I was reading a post by my online friend, Mz T, as I refer to her. She has gone into a nursing home as the insults of aging have caught up with her and it became increasingly difficult for her to tend to herself.  That reality isn’t far from me, though no one gets to choose the time or circumstances of their enfeebleness and death. I have been reading the patriarchs in the Bible who would call their children in to bless them before they died and thought to myself how cool that would be.  When it is time, do your housecleaning, lay down and fold your hands over your chest and go to sleep.

Finis

The End

050813_1809_Morbidity1.jpgBut I’ll most likely make my grand exit from a low budget nursing home with indifferent caregivers and no family. Not that I deserve or plan on having my family around when that happens. My path in life wasn’t so family oriented. Snooks may be around if she is still mobile, but who knows? Her plan is to beat me to the door, but I am not so sure I will let her.

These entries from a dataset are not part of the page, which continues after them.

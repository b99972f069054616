//! What is told of a group.

ghost use Rattle.std.specs.Prelude.{◌≡◌, ◌↔◌, [], true};
ghost use Rattle.group_status.specs.Saying.{HaveAllSaid};
ghost use Rattle.group_status.specs.Wellness.{IsWellGroup, unwell};

use crate::facts_json::json_of;
use crate::group::GroupFacts;
use crate::matter_lists::matters_of;
use crate::matters::{Matter, findings};
use crate::tables::page_of;
use ballot_law::NoMemory;
use std::alloc::Global;

/// What the nodes of a group said, what was looked at in it, and what of that isn't well.
#[derive(Drop)]
pub struct Status {
    group: GroupFacts,
    matters: Vec<Matter>,
    pub(crate) findings: Vec<Matter>,
    ghost found: { findings.items ≡ unwell matters.items },
    ghost whole: { IsWellGroup matters.items → HaveAllSaid group },
}

impl Status {
    /// Looks at a group. `NoMemory`: memory was refused.
    pub fn of(alloc: Global, group: GroupFacts) -> Result<Status, NoMemory> {
        let matters = matters_of(alloc, &group)?;
        let findings = findings(alloc, &matters)?;
        Ok(Status {
            group,
            matters,
            findings,
        })
    }

    /// Whether nothing was found that isn't well.
    fn has_no_finding(&self) -> bool
        ensures { result ≡ true ↔ (self.now.findings.items ≡ []) }
    {
        self.findings.is_empty()
    }

    /// Whether all that was looked at is well.
    pub fn is_well(&self) -> bool
        ensures well { result ≡ true ↔ IsWellGroup self.now.matters.items }
        ensures none { result ≡ true ↔ (self.now.findings.items ≡ []) }
    {
        self.has_no_finding()
    }

    /// The exit status that tells whether it is well: 0 if so, and only then; else 1.
    pub fn exit_status(&self) -> u8
        ensures well { result ≡ 0 ↔ IsWellGroup self.now.matters.items }
        ensures none { result ≡ 0 ↔ (self.now.findings.items ≡ []) }
        ensures said { result ≡ 0 → HaveAllSaid self.now.group }
    {
        if self.is_well() { 0 } else { 1 }
    }

    /// The page for people: a table of each master, then `well`, or a line `not well: ..` for each finding.
    pub fn page(&self, alloc: Global) -> Result<String, NoMemory> {
        page_of(alloc, &self.group, &self.findings)
    }

    /// One JSON object in one line, for programs: `well`, `masters`, `sentinels`, `nodes` and the sentences of
    /// `findings`.
    pub fn json(&self, alloc: Global) -> Result<String, NoMemory> {
        json_of(alloc, &self.group, &self.findings)
    }
}
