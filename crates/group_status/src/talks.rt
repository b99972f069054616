//! The conversation with one node, without its socket.

use crate::rows::names_told;
use crate::said::{Trouble, Unsaid};
use crate::targets::Credentials;
use ballot_law::NoMemory;
use bytes::BytesMut;
use resp2::{FrameFault, Frames, OutText, Value, push_words};
use std::alloc::Global;

/// The place of the answer to MASTERS among those of a Sentinel.
const MASTERS_AT: usize = 2;

/// The questions to a node and its answers so far. What it puts out and what comes may be cut anywhere. It is over once
/// all answers came, or once `trouble` says why they don't.
///
/// `due` is how many answers are wanted in all; `asks_more` whether the questions of each master aren't put out yet;
/// `logs_in` whether the next answer is that of the login.
#[derive(Drop)]
pub(crate) struct Talk {
    alloc: Global,
    frames: Frames,
    unsent: BytesMut,
    answers: Vec<Value>,
    due: usize,
    asks_more: bool,
    logs_in: bool,
    trouble: Option<Trouble>,
}

/// What an error says that refuses this client, and not the question alone.
fn refusal_of(text: &[u8]) -> Option<Trouble> {
    if text.starts_with(b"NOAUTH Authentication required") {
        return Some(Trouble::WantsPassword);
    }
    if text.starts_with(b"WRONGPASS ") {
        return Some(Trouble::WrongPassword);
    }
    if text.starts_with(b"NOPERM ") {
        return Some(Trouble::NoRights);
    }
    if text.starts_with(b"DENIED ") {
        return Some(Trouble::Protected);
    }
    if text.starts_with(b"ERR max number of clients reached") {
        return Some(Trouble::Full);
    }
    None
}

impl Talk {
    /// A conversation in which a Sentinel is asked for its run id, whether it is in TILT, and for its masters, then of
    /// each for its replicas, the other Sentinels and the quorum.
    pub(crate) fn with_sentinel(
        alloc: Global,
        credentials: &Credentials,
    ) -> Result<Talk, NoMemory> {
        let mut talk = Talk::begun(alloc, credentials)?;
        talk.ask(&[b"SENTINEL", b"MYID"])?;
        talk.ask(&[b"INFO", b"sentinel"])?;
        talk.ask(&[b"SENTINEL", b"MASTERS"])?;
        talk.asks_more = true;
        Ok(talk)
    }

    /// A conversation in which a data node is asked for its INFO.
    pub(crate) fn with_data_node(
        alloc: Global,
        credentials: &Credentials,
    ) -> Result<Talk, NoMemory> {
        let mut talk = Talk::begun(alloc, credentials)?;
        talk.ask(&[b"INFO"])?;
        Ok(talk)
    }

    /// One that begins with the login, where there is a password.
    fn begun(alloc: Global, credentials: &Credentials) -> Result<Talk, NoMemory> {
        let mut talk = Talk {
            alloc,
            frames: Frames::new(alloc),
            unsent: BytesMut::new(alloc),
            answers: Vec::new(alloc),
            due: 0,
            asks_more: false,
            logs_in: false,
            trouble: None,
        };
        let (user, pass) = (credentials.user(), credentials.pass());
        if pass.is_empty() {
            return Ok(talk);
        }
        if user.is_empty() {
            talk.put(&[b"AUTH", pass])?;
        } else {
            talk.put(&[b"AUTH", user, pass])?;
        }
        talk.logs_in = true;
        Ok(talk)
    }

    /// Puts out a command.
    fn put(&mut self, words: &[&[u8]]) -> Result<(), NoMemory> {
        let mut text = OutText::new(self.alloc);
        push_words(&mut text, words)?;
        match self.unsent.extend_from_slice(text.as_slice()) {
            Ok(()) => Ok(()),
            Err(_) => Err(NoMemory),
        }
    }

    /// Puts out a command whose answer is kept.
    fn ask(&mut self, words: &[&[u8]]) -> Result<(), NoMemory> {
        self.put(words)?;
        self.due = self.due.saturating_add(1);
        Ok(())
    }

    /// Asks of each master that a Sentinel told.
    fn ask_of_masters(&mut self) -> Result<(), NoMemory> {
        self.asks_more = false;
        let Some(rows) = self.answers.get(MASTERS_AT) else {
            return Ok(());
        };
        let names = match names_told(self.alloc, rows) {
            Ok(names) => names,
            Err(Unsaid::NoMemory) => return Err(NoMemory),
            // (what a Sentinel is that tells no masters is judged with all its answers)
            Err(Unsaid::Trouble(_)) => return Ok(()),
        };
        for name in &names {
            self.ask(&[b"SENTINEL", b"REPLICAS", name.as_slice()])?;
            self.ask(&[b"SENTINEL", b"SENTINELS", name.as_slice()])?;
            self.ask(&[b"SENTINEL", b"CKQUORUM", name.as_slice()])?;
        }
        Ok(())
    }

    /// Takes the next answer.
    fn take(&mut self, value: Value) -> Result<(), NoMemory> {
        if let Value::Fault(text) = &value {
            if let Some(trouble) = refusal_of(text.as_slice()) {
                self.trouble = Some(trouble);
                return Ok(());
            }
        }
        // (a node without a password refuses a login as an error of the command, and answers)
        if self.logs_in {
            self.logs_in = false;
            return Ok(());
        }
        self.answers.push(value)?;
        if self.asks_more && self.answers.len() >= self.due {
            self.ask_of_masters()?;
        }
        Ok(())
    }

    /// Takes the next piece of what the node sends, of any length. What comes once it is over is dropped.
    pub(crate) fn hear(&mut self, piece: &[u8]) -> Result<(), NoMemory> {
        if self.is_over() {
            return Ok(());
        }
        if let Err(fault) = self.frames.feed(piece) {
            return self.fail_in(fault);
        }
        for _ in 0..u64::MAX {
            if self.is_over() {
                break;
            }
            match self.frames.next() {
                Ok(Some(value)) => self.take(value)?,
                Ok(None) => break,
                Err(fault) => return self.fail_in(fault),
            }
        }
        Ok(())
    }

    /// The answers can't be read further.
    fn fail_in(&mut self, fault: FrameFault) -> Result<(), NoMemory> {
        if fault == FrameFault::NoMemory {
            return Err(NoMemory);
        }
        self.trouble = Some(Trouble::Garbage);
        Ok(())
    }

    /// It ends without the answers that are missing, for this reason. One that is over stays as it is.
    pub(crate) fn give_up(&mut self, trouble: Trouble) {
        if !self.is_over() {
            self.trouble = Some(trouble);
        }
    }

    /// Whether all answers came, or won't come.
    pub(crate) fn is_over(&self) -> bool {
        self.trouble.is_some() || (!self.asks_more && self.answers.len() >= self.due)
    }

    /// The bytes that aren't sent yet.
    pub(crate) fn unsent(&self) -> &[u8] {
        self.unsent.as_slice()
    }

    /// Takes away the first `count` bytes of what isn't sent yet, which the connection took.
    pub(crate) fn sent(&mut self, count: usize) {
        let count = count.min(self.unsent.len());
        self.unsent.advance(count);
    }

    /// The answers, or why there are none.
    pub(crate) fn answers(&self) -> Result<&[Value], Unsaid> {
        match self.trouble {
            Some(trouble) => Err(Unsaid::Trouble(trouble)),
            None => Ok(self.answers.as_slice()),
        }
    }
}
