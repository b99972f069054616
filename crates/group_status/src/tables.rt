//! The page that an operator reads: a table of each master, and what isn't well.

use crate::group::{GroupFacts, NewestTold, NodeFacts, SentinelFacts};
use crate::matters::Matter;
use crate::said::{MasterSaid, NodeSaid, Trouble};
use crate::shown_texts::{At, Page, name_text};
use ballot_law::{Name, NoMemory, RunId};
use std::alloc::Global;
use std::fmt;

/// The widths of a Sentinel's columns: its address, the epoch, the master's address, how it finds the master, the vote.
const SENTINEL_WIDTHS: [usize; 5] = [23, 8, 23, 8, 26];

/// The widths of a data node's columns: its address, what it is, its link, its lag, its priority.
const NODE_WIDTHS: [usize; 5] = [23, 10, 8, 14, 10];

/// Why there is nothing in a row, in two words.
pub(crate) fn trouble_word(trouble: Trouble) -> &'static str {
    match trouble {
        Trouble::Unreached => "not reached",
        Trouble::Silent => "silent",
        Trouble::Closed => "closes connections",
        Trouble::WantsPassword => "wants a password",
        Trouble::WrongPassword => "refuses the login",
        Trouble::NoRights => "gives no rights",
        Trouble::Protected => "protected mode",
        Trouble::Full => "has no room",
        Trouble::NoSentinel => "no Sentinel",
        Trouble::Garbage => "says garbage",
    }
}

/// How a Sentinel finds a master.
pub(crate) fn found_word(view: &MasterSaid) -> &'static str {
    if view.objectively {
        "o_down"
    } else if view.down {
        "s_down"
    } else {
        "up"
    }
}

/// A number, or a dash where there is none.
#[derive(Clone, Copy)]
struct OrDash(Option<u64>);

impl fmt::Display for OrDash {
    fn fmt<W: fmt::Write>(&self, f: &mut fmt::Formatter<W>) -> fmt::Result {
        match self.0 {
            Some(number) => write!(f, "{number}"),
            None => write!(f, "-"),
        }
    }
}

/// The bytes by which a replica is behind its master, where both told how far they are.
pub(crate) fn lag_of(
    group: &GroupFacts,
    newest: Option<NewestTold>,
    node: &NodeFacts,
) -> Option<u64> {
    let newest = newest?;
    let replica = node.said.ok()?;
    let master = group.node_at(newest.addr, &node.master)?;
    if replica.is_master {
        return None;
    }
    Some(master.offset.saturating_sub(replica.offset))
}

/// How many Sentinels list a replica, and how many tell of its master.
pub(crate) fn listings(group: &GroupFacts, node: &NodeFacts) -> (u64, u64) {
    let (mut listed, mut views): (u64, u64) = (0, 0);
    for facts in &group.sentinels {
        if let Some(view) = facts.view(&node.master) {
            views = views.saturating_add(1);
            if view.replica_at(node.addr).is_some() {
                listed = listed.saturating_add(1);
            }
        }
    }
    (listed, views)
}

impl Page {
    /// Adds the vote of a Sentinel, as the others heard it.
    fn vote(
        &mut self,
        width: usize,
        group: &GroupFacts,
        vote: Option<(RunId, u64)>,
    ) -> Result<(), NoMemory> {
        let Some((id, epoch)) = vote else {
            return self.column(width, "-");
        };
        match group.sentinel_with(id) {
            Some(addr) => {
                let words = At(addr);
                self.column(width, format_args!("{epoch} {words}"))
            }
            None => self.column(width, format_args!("{epoch} ?")),
        }
    }

    /// Adds the row of a Sentinel.
    fn sentinel_row(
        &mut self,
        group: &GroupFacts,
        master: &Name,
        facts: &SentinelFacts,
    ) -> Result<(), NoMemory> {
        let [address, epoch, told, found, vote] = SENTINEL_WIDTHS;
        self.add("  ")?;
        self.column(address, At(facts.addr))?;
        let view = match &facts.said {
            Ok(said) => said.master(master),
            Err(trouble) => {
                self.add(trouble_word(*trouble))?;
                return self.add("\n");
            }
        };
        let Some(view) = view else {
            return self.add("doesn't watch it\n");
        };
        self.column(epoch, view.epoch)?;
        self.column(told, At(view.addr))?;
        self.column(found, found_word(view))?;
        let last = facts.id().and_then(|id| group.vote_of(id, master));
        self.vote(vote, group, last)?;
        self.show(view.quorum.usable)?;
        self.add("\n")
    }

    /// Adds the row of a data node.
    fn node_row(
        &mut self,
        group: &GroupFacts,
        newest: Option<NewestTold>,
        node: &NodeFacts,
    ) -> Result<(), NoMemory> {
        let [address, role, link, lag, priority] = NODE_WIDTHS;
        self.add("  ")?;
        self.column(address, At(node.addr))?;
        let said: NodeSaid = match node.said {
            Ok(said) => said,
            Err(trouble) => {
                self.add(trouble_word(trouble))?;
                return self.add("\n");
            }
        };
        self.column(role, if said.is_master { "master" } else { "replica" })?;
        let up = if said.link_up { "up" } else { "down" };
        self.column(link, if said.is_master { "-" } else { up })?;
        self.column(lag, OrDash(lag_of(group, newest, node)))?;
        self.column(priority, said.priority)?;
        let (listed, views) = listings(group, node);
        if group.leads(node) {
            self.add("-\n")
        } else {
            self.show(format_args!("{listed} of {views}\n"))
        }
    }

    /// Adds the names of columns.
    fn heads(&mut self, widths: [usize; 5], heads: [&str; 5], last: &str) -> Result<(), NoMemory> {
        self.add("  ")?;
        for (width, head) in widths.iter().zip(heads.iter()) {
            self.column(*width, *head)?;
        }
        self.add(last)?;
        self.add("\n")
    }

    /// Adds the tables of a master.
    fn master(&mut self, group: &GroupFacts, master: &Name) -> Result<(), NoMemory> {
        let newest = group.newest(master);
        self.add(name_text(master))?;
        if let Some(newest) = newest {
            let (at, epoch) = (At(newest.addr), newest.epoch);
            self.show(format_args!("  {at} since epoch {epoch}"))?;
        }
        self.add("\n")?;
        self.heads(
            SENTINEL_WIDTHS,
            ["Sentinel", "epoch", "tells", "finds", "last vote"],
            "usable",
        )?;
        for facts in &group.sentinels {
            self.sentinel_row(group, master, facts)?;
        }
        self.heads(
            NODE_WIDTHS,
            ["data node", "role", "link", "lag, bytes", "priority"],
            "listed by",
        )?;
        for node in &group.nodes {
            if node.master == *master {
                self.node_row(group, newest, node)?;
            }
        }
        self.add("\n")
    }
}

/// The page of a group with these findings: the tables of each master, then `well`, or a sentence for each finding.
pub(crate) fn page_of(
    alloc: Global,
    group: &GroupFacts,
    findings: &[Matter],
) -> Result<String, NoMemory> {
    let mut page = Page::new(alloc);
    for master in &group.masters {
        page.master(group, master)?;
    }
    if findings.is_empty() {
        page.add("well\n")?;
        return Ok(page.into_text());
    }
    for finding in findings {
        let finding = *finding;
        page.show(format_args!("not well: {finding}\n"))?;
    }
    Ok(page.into_text())
}
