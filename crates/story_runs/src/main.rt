//! Plays the stories that its words name, and says of each whether it prints the lines that are beside it, and whether
//! its trace, played as a story, prints them too. Where a trace is beside it, its own trace has to be that one.
//!
//! A word is the path of a story's files without their endings. The Sentinels of a story are the conf files of its
//! folder, of Redis's profile where the folder's name begins with it. After the word `stops:` each story is run again
//! and again, with each Sentinel stopped and started after each of its steps, and leaving the old text of its file and
//! the new one. It says how many runs these were, and how often they broke the laws of a group.
//!
//! After the word `calls:` each story is played by the public calls of a world, once step by step and once by one call
//! with a stop at its end; a call that lacked memory is made once more on what it left. After the word `refused:` a
//! word is a folder whose conf files make no group: it says how a world of them is refused, and how a story is.
#![tactic(auto)]

mod laws;
mod stops;
mod worlds;

ghost use Rattle.std.specs.Prelude.{All, IfSome};
ghost use Rattle.fault_world.specs.Limits.{IsWithinLimits};

use crate::stops::{Stopped, stop_behind_each};
use crate::worlds::{Calls, Lines, Refusal, lines_of, steps_of};
use ballot_law::Step;
use fault_world::{WorldFault, read_scenario};
use resp2::OutText;
use scenario_replay::{Printed, ReplayFault, Story};
use sentinel_conf::{Conf, read};
use sentinel_rules::Profile;
use std::alloc::Global;
use std::{env, fs, io};

/// The names that the conf files of a folder have, as many as there are.
const CONFS: [&str; 3] = ["/a.conf", "/b.conf", "/c.conf"];

/// The bytes of the file at this path with this ending; none where it can't be read.
fn bytes_of(rt: &HostRuntime, path: &str, ending: &str) -> Option<Vec<u8>> {
    let Ok(path) = format!(in rt.alloc(); "{path}{ending}") else {
        return None;
    };
    fs::read(rt, path.as_str()).ok()
}

/// The conf files of the folder.
fn files_of(rt: &HostRuntime, folder: &str) -> Option<Vec<Vec<u8>>> {
    let mut files = Vec::new(rt.alloc());
    for conf in CONFS {
        if let Some(file) = bytes_of(rt, folder, conf) {
            files.push(file).ok()?;
        }
    }
    Some(files)
}

/// By which rules the Sentinels of the folder work: by Redis's where its name begins so.
fn profile_of(folder: &str) -> Profile {
    if folder.as_bytes().starts_with(b"redis_profile") {
        return Profile::Redis;
    }
    Profile::Strict
}

/// A story of these bytes, with the Sentinels of the folder, and how many these are.
fn story_of(rt: &HostRuntime, folder: &str, text: Vec<u8>) -> Option<(Story, u16)> {
    let mut story = Story::new_as(rt.alloc(), text, profile_of(folder)).ok()?;
    let mut sentinels: u16 = 0;
    for conf in CONFS {
        if let Some(file) = bytes_of(rt, folder, conf) {
            story.add_conf(file).ok()?;
            sentinels = sentinels.saturating_add(1);
        }
    }
    Some((story, sentinels))
}

/// What a story of these bytes prints, over the Sentinels of the folder.
fn printed(rt: &HostRuntime, folder: &str, story: Vec<u8>, what: Printed) -> Option<OutText> {
    let (story, _) = story_of(rt, folder, story)?;
    story.play(what).ok()
}

/// Whether the trace is the one that is beside the story, if one does.
fn is_as_traced(rt: &HostRuntime, path: &str, trace: &OutText) -> bool {
    match bytes_of(rt, path, ".trace") {
        Some(expected) => trace.as_slice() == expected.as_slice(),
        None => true,
    }
}

/// Whether the story at this path, and its trace too, prints what is beside it; none where it can't be played.
fn is_as_told(rt: &HostRuntime, path: &str) -> Option<bool> {
    let (folder, _) = path.rsplit_once('/')?;
    let expected = bytes_of(rt, path, ".expected")?;
    let report = printed(
        rt,
        folder,
        bytes_of(rt, path, ".scenario")?,
        Printed::Report,
    )?;
    let trace = printed(rt, folder, bytes_of(rt, path, ".scenario")?, Printed::Trace)?;
    let is_traced = is_as_traced(rt, path, &trace);
    let story = Vec::from_slice(rt.alloc(), trace.as_slice()).ok()?;
    let again = printed(rt, folder, story, Printed::Report)?;
    let is_told = report.as_slice() == expected.as_slice();
    Some(is_traced && is_told && again.as_slice() == expected.as_slice())
}

/// What comes of the story at this path with stops in it; none where it can't be played.
fn stopped_at(rt: &HostRuntime, path: &str) -> Option<Stopped> {
    let (folder, _) = path.rsplit_once('/')?;
    let expected = bytes_of(rt, path, ".expected")?;
    let text = bytes_of(rt, path, ".scenario")?;
    let steps = read_scenario(rt.alloc(), text.as_slice()).ok()?;
    let (story, sentinels) = story_of(rt, folder, text)?;
    let all = stop_behind_each(rt.alloc(), &story, &steps, sentinels, &expected);
    Some(all)
}

/// A story, its conf files, and what it is to bring.
#[derive(Drop)]
struct Told {
    conf: Conf,
    files: Vec<Vec<u8>>,
    steps: Vec<Step>,
    expected: Vec<u8>,
}

/// The story at this path; none where it can't be read.
fn told_at(rt: &HostRuntime, path: &str) -> Option<Told>
    ensures { IfSome result (λ told. All IsWithinLimits told.steps.items) }
{
    let (folder, _) = path.rsplit_once('/')?;
    let expected = bytes_of(rt, path, ".expected")?;
    let text = bytes_of(rt, path, ".scenario")?;
    let files = files_of(rt, folder)?;
    let Ok(conf) = read(rt.alloc(), files.first()?.as_slice()) else {
        return None;
    };
    let steps = steps_of(rt.alloc(), text.as_slice())?;
    Some(Told {
        conf,
        files,
        steps,
        expected,
    })
}

/// What a story brings by these calls; where a node or a roster lacked memory, all is made once more.
fn called(alloc: Global, told: &Told, calls: Calls) -> Result<Lines, Refusal>
    requires { All IsWithinLimits told.now.steps.items }
{
    match lines_of(alloc, &told.conf, &told.files, &told.steps, calls) {
        Ok(lines) => Ok(lines),
        Err(Refusal::NoNodes) => lines_of(alloc, &told.conf, &told.files, &told.steps, calls),
        Err(refusal) => Err(refusal),
    }
}

/// Whether a story, played by the public calls of a world, brings what it is to bring; none where it is refused. The
/// lines of steps that a call made before it lacked memory aren't looked at.
fn is_as_called(alloc: Global, told: &Told) -> Option<bool>
    requires { All IsWithinLimits told.now.steps.items }
{
    let expected = told.expected.as_slice();
    let Ok(each) = called(alloc, told, Calls::OneByOne) else {
        return None;
    };
    let Ok(all) = called(alloc, told, Calls::AtOnce) else {
        return None;
    };
    let (lines, last) = (each.text.as_slice(), all.text.as_slice());
    Some(lines == expected && (last == expected || (all.untold > 0 && expected.ends_with(last))))
}

/// The same of the story at this path; none also where it can't be read.
fn is_called_at(rt: &HostRuntime, path: &str) -> Option<bool> {
    match told_at(rt, path) {
        Some(told) => is_as_called(rt.alloc(), &told),
        None => is_as_called(rt.alloc(), &told_at(rt, path)?),
    }
}

/// How a world of the folder's conf files is refused, and how a story over them is.
fn refused_at(rt: &HostRuntime, folder: &str) -> Option<(WorldFault, ReplayFault)> {
    let files = files_of(rt, folder)?;
    let Ok(conf) = read(rt.alloc(), files.first()?.as_slice()) else {
        return None;
    };
    let Err(Refusal::NoWorld(fault)) = lines_of(rt.alloc(), &conf, &files, &[], Calls::OneByOne)
    else {
        return None;
    };
    let (story, _) = story_of(rt, folder, Vec::new(rt.alloc()))?;
    let Err(played) = story.play(Printed::Report) else {
        return None;
    };
    Some((fault, played))
}

/// Says what came of the runs of a story with stops in it.
fn tell_stopped(rt: &HostRuntime, path: &str, stopped: &Stopped) -> io::Result<()> {
    println!(rt;
        "{path} with a stop behind each of {} steps:",
        stopped.steps
    )?;
    println!(rt; "  runs: {}, refused: {}", stopped.runs, stopped.refused)?;
    println!(rt;
        "  another end where the stop comes last: {}",
        stopped.others
    )?;
    println!(rt;
        "  elections in an epoch that had one: {}",
        stopped.breaches.elections
    )?;
    println!(rt;
        "  addresses of an epoch that had another: {}",
        stopped.breaches.addresses
    )?;
    println!(rt; "  epochs that fell: {}", stopped.breaches.fallen)?;
    println!(rt; "  lines that tell nothing: {}", stopped.breaches.unread)
}

/// What is done with the stories that are named.
#[derive(Clone, Copy, PartialEq, Eq)]
enum Play {
    Whole,
    Stopped,
    Called,
    Refused,
}

/// What is done after this word.
fn play_named(word: &str) -> Option<Play> {
    match word {
        "stops:" => Some(Play::Stopped),
        "calls:" => Some(Play::Called),
        "refused:" => Some(Play::Refused),
        _ => None,
    }
}

/// Plays the story at this path, and says whether it prints what is beside it.
fn tell_whole(rt: &HostRuntime, path: &str) -> io::Result<()> {
    match is_as_told(rt, path) {
        Some(true) => println!(rt; "{path}"),
        Some(false) => println!(rt; "{path} tells something else"),
        None => println!(rt; "{path} can't be played"),
    }
}

/// Plays the story at this path by the calls of a world, and says what came of it.
fn tell_called(rt: &HostRuntime, path: &str) -> io::Result<()> {
    match is_called_at(rt, path) {
        Some(true) => println!(rt; "{path} by the calls of a world"),
        Some(false) => println!(rt; "{path} tells something else by the calls of a world"),
        None => println!(rt; "{path} can't be played by the calls of a world"),
    }
}

/// Says how the conf files of this folder are refused.
fn tell_refused(rt: &HostRuntime, folder: &str) -> io::Result<()> {
    match refused_at(rt, folder) {
        Some((fault, played)) => println!(rt;
            "{folder}: a world is refused by {fault}, a story by {played}"
        ),
        None => println!(rt; "{folder} isn't refused"),
    }
}

fn main(rt: HostRuntime) -> io::Result<()> {
    let mut play = Play::Whole;
    for path in env::args(&rt)?.skip(1) {
        let path = path.as_str();
        if let Some(next) = play_named(path) {
            play = next;
            continue;
        }
        match play {
            Play::Whole => tell_whole(&rt, path)?,
            Play::Stopped => match stopped_at(&rt, path) {
                Some(stopped) => tell_stopped(&rt, path, &stopped)?,
                None => println!(rt; "{path} can't be played")?,
            },
            Play::Called => tell_called(&rt, path)?,
            Play::Refused => tell_refused(&rt, path)?,
        }
    }
    Ok(())
}
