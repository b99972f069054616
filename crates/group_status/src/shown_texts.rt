//! Addresses, names and run ids as they are shown, and the text that a page is made of.

use ballot_law::{Addr, Name, NoMemory, RunId};
use std::alloc::Global;
use std::fmt;
use std::net::Ipv4Addr;
use std::str::from_utf8;

/// An address as `10.0.0.1:6379`.
#[derive(Clone, Copy)]
pub(crate) struct At(pub(crate) Addr);

impl fmt::Display for At {
    fn fmt<W: fmt::Write>(&self, f: &mut fmt::Formatter<W>) -> fmt::Result {
        write!(f, "{}:{}", Ipv4Addr::from(self.0.ip), self.0.port)
    }
}

/// A run id as 40 hex digits.
#[derive(Clone, Copy)]
pub(crate) struct IdDigits(pub(crate) RunId);

impl fmt::Display for IdDigits {
    fn fmt<W: fmt::Write>(&self, f: &mut fmt::Formatter<W>) -> fmt::Result {
        write!(f, "{:032x}{:08x}", self.0.hi, self.0.lo)
    }
}

/// The name of a master as text.
pub(crate) fn name_text(name: &Name) -> &str {
    from_utf8(name.as_slice()).unwrap_or("?")
}

/// A text that grows.
#[derive(Drop)]
pub(crate) struct Page {
    alloc: Global,
    text: String,
}

impl Page {
    /// An empty one.
    pub(crate) fn new(alloc: Global) -> Page {
        Page {
            alloc,
            text: String::new(alloc),
        }
    }

    /// Adds words.
    pub(crate) fn add(&mut self, words: &str) -> Result<(), NoMemory> {
        self.text.push_str(words)?;
        Ok(())
    }

    /// Adds what is shown.
    pub(crate) fn show<D: fmt::Display + Drop>(&mut self, shown: D) -> Result<(), NoMemory> {
        let words = format!(in self.alloc; "{shown}")?;
        self.add(words.as_str())
    }

    /// Adds what is shown, with spaces behind it up to this width, and one at least.
    pub(crate) fn column<D: fmt::Display + Drop>(
        &mut self,
        width: usize,
        shown: D,
    ) -> Result<(), NoMemory> {
        let words = format!(in self.alloc; "{shown}")?;
        self.add(words.as_str())?;
        for _ in words.len()..width.max(words.len().saturating_add(1)) {
            self.add(" ")?;
        }
        Ok(())
    }

    /// The text.
    pub(crate) fn into_text(self) -> String {
        self.text
    }
}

Mz T got me to thinking that I had better prepare myself for that time of abandonment. Once those doors close, Lethe vapors chill of forgetfulness begin to seep through the cracks in the floors and I’ll be forgotten by family and friends. I am not resentful that in time I’ll be another footnote in someone’s genealogy. My time came, and it went. At least all this sounds good on paper, but the proof is in the living and dying. I hope I can prepare myself for that time.

I have always felt that everyone essentially dies alone, even when surrounded by family and friends. It is a solitary path and there are no visible markers. Will I sleep? Will I wake in paradise? If there is an afterlife, will those whom I have terribly wronged forgive me? It will not matter. I cannot command death to stop.

I have had a rich and full life, though there were moments that I am not very proud of.  I think the loneliness is the hard part. In spite of my crust, I am not a total isolationist. I need some interaction even if it is only online.  Y’all aren’t going to be there, even those of you who have good intentions.  And I’ll wonder about you, and I’ll wonder about Snookums.  And I’ll wonder about the mutts.  And what happened to my car. And my home.  To you, it just vanishes. To me, I wonder, then draw that final breath.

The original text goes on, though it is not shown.